> [What is required]: Each record below should be printed exactly as it was written.

> [Records from a collection]:
//! The texts of files.
ghost use Rattle.std.specs.Prelude.{◌≡◌, ◌≤◌, ◌<◌, false, true, is_none, IfOk, IfErr};
ghost use Rattle.cli_tool.specs.Task.{are_within};
ghost use Rattle.cli_tool.specs.Reading.{ReadsText, ReadsTexts, HasNoText, HasNotAll};
ghost use Rattle.cli_tool.specs.Asked.{task_by};

use crate::command::Command;
use crate::status::Status;
use cg_out::{Files, ReadFault};
use std::alloc::Global;
use std::marker::Model;

/// A file that is read, and how many bytes its text may have.
#[derive(Drop)]
pub struct Input<'a> {
    pub file: &'a [u8],
    pub limit: usize,
}

impl<'a> Model for Input<'a> {
    ghost use Rattle.cli_tool.specs.Task.{Input as Read};

    ghost Value = { Read };

    ghost view = { λ i. record { file = i.file.now; limit = i.limit } };
}

/// The text of a file; contracts see its bytes.
#[derive(Drop)]
pub struct FileText {
    content: Vec<u8>,
}

impl Model for FileText {
    ghost use Rattle.std.specs.Prelude.{List, ℕ};

    ghost Value = { List ℕ };

    ghost view = { λ t. t.content.items };
}

impl FileText {
    /// Lends the bytes.
    pub fn bytes(&self) -> &[u8]
        ensures { result.now ≡ self.now }
    {
        self.content.as_slice()
    }
}

/// The text of a file, or its first bytes, one more than it may have; else the status to end with.
fn read_text<F: Files>(alloc: Global, input: &Input<'_>, files: &mut F) -> Result<FileText, Status>
    requires { input.now.limit < usize.MAX }
    ensures ok { IfOk result (λ text. ReadsText input.now text (F.seen files.old) (F.seen files.new)) }
    ensures err { IfErr result (HasNoText input.now (F.seen files.old) (F.seen files.new)) }
    ensures later { (F.seen files.old).faults ≤ (F.seen files.new).faults }
{
    let mut content = Vec::new(alloc);
    match files.read(input.file, input.limit, &mut content) {
        Ok(()) => Ok(FileText { content }),
        Err(ReadFault::Memory) => Err(Status::NoMemory),
        Err(_) => Err(Status::FileFault),
    }
}

/// The texts of the files that the command reads, in their order; else the status to end with.
pub fn read_texts<F: Files>(
    alloc: Global,
    command: &Command<'_>,
    files: &mut F,
) -> Result<Vec<FileText>, Status>
    ensures ok { IfOk result (λ texts. ReadsTexts (task_by command.now).inputs texts.items
        (F.seen files.old) (F.seen files.new)) }
    ensures err { IfErr result (HasNotAll (task_by command.now).inputs (F.seen files.old)
        (F.seen files.new)) }
    ensures later { (F.seen files.old).faults ≤ (F.seen files.new).faults }
{
    let mut texts = Vec::new(alloc);
    while let Some(input) = command.input(texts.len()) {
        let text = read_text(alloc, &input, files)?;
        if texts.push(text).is_err() {
            return Err(Status::NoMemory);
        }
    }
    Ok(texts)
}

/// The first file whose text has more bytes than it may.
pub fn too_long<'a>(command: &Command<'a>, texts: &[FileText]) -> Option<Input<'a>>
    ensures { is_none result ≡ are_within (task_by command.now).inputs texts.now }
{
    for (index, text) in texts.iter().enumerate() {
        let input = command.input(index)?;
        if text.bytes().len() > input.limit {
            return Some(input);
        }
    }
    None
}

> [Response]:
//! The texts of files.
ghost use Rattle.std.specs.Prelude.{◌≡◌, ◌≤◌, ◌<◌, false, true, is_none, IfOk, IfErr};
ghost use Rattle.cli_tool.specs.Task.{are_within};
ghost use Rattle.cli_tool.specs.Reading.{ReadsText, ReadsTexts, HasNoText, HasNotAll};
ghost use Rattle.cli_tool.specs.Asked.{task_by};

use crate::command::Command;
use crate::status::Status;
use cg_out::{Files, ReadFault};
use std::alloc::Global;
use std::marker::Model;

/// A file that is read, and how many bytes its text may have.
#[derive(Drop)]
pub struct Input<'a> {
    pub file: &'a [u8],
    pub limit: usize,
}

impl<'a> Model for Input<'a> {
    ghost use Rattle.cli_tool.specs.Task.{Input as Read};

    ghost Value = { Read };

    ghost view = { λ i. record { file = i.file.now; limit = i.limit } };
}

/// The text of a file; contracts see its bytes.
#[derive(Drop)]
pub struct FileText {
    content: Vec<u8>,
}

impl Model for FileText {
    ghost use Rattle.std.specs.Prelude.{List, ℕ};

    ghost Value = { List ℕ };

    ghost view = { λ t. t.content.items };
}

impl FileText {
    /// Lends the bytes.
    pub fn bytes(&self) -> &[u8]
        ensures { result.now ≡ self.now }
    {
        self.content.as_slice()
    }
}

/// The text of a file, or its first bytes, one more than it may have; else the status to end with.
fn read_text<F: Files>(alloc: Global, input: &Input<'_>, files: &mut F) -> Result<FileText, Status>
    requires { input.now.limit < usize.MAX }
    ensures ok { IfOk result (λ text. ReadsText input.now text (F.seen files.old) (F.seen files.new)) }
    ensures err { IfErr result (HasNoText input.now (F.seen files.old) (F.seen files.new)) }
    ensures later { (F.seen files.old).faults ≤ (F.seen files.new).faults }
{
    let mut content = Vec::new(alloc);
    match files.read(input.file, input.limit, &mut content) {
        Ok(()) => Ok(FileText { content }),
        Err(ReadFault::Memory) => Err(Status::NoMemory),
        Err(_) => Err(Status::FileFault),
    }
}

/// The texts of the files that the command reads, in their order; else the status to end with.
pub fn read_texts<F: Files>(
    alloc: Global,
    command: &Command<'_>,
    files: &mut F,
) -> Result<Vec<FileText>, Status>
    ensures ok { IfOk result (λ texts. ReadsTexts (task_by command.now).inputs texts.items
        (F.seen files.old) (F.seen files.new)) }
    ensures err { IfErr result (HasNotAll (task_by command.now).inputs (F.seen files.old)
        (F.seen files.new)) }
    ensures later { (F.seen files.old).faults ≤ (F.seen files.new).faults }
{
    let mut texts = Vec::new(alloc);
    while let Some(input) = command.input(texts.len()) {
        let text = read_text(alloc, &input, files)?;
        if texts.push(text).is_err() {
            return Err(Status::NoMemory);
        }
    }
    Ok(texts)
}

/// The first file whose text has more bytes than it may.
pub fn too_long<'a>(command: &Command<'a>, texts: &[FileText]) -> Option<Input<'a>>
    ensures { is_none result ≡ are_within (task_by command.now).inputs texts.now }
{
    for (index, text) in texts.iter().enumerate() {
        let input = command.input(index)?;
        if text.bytes().len() > input.limit {
            return Some(input);
        }
    }
    None
}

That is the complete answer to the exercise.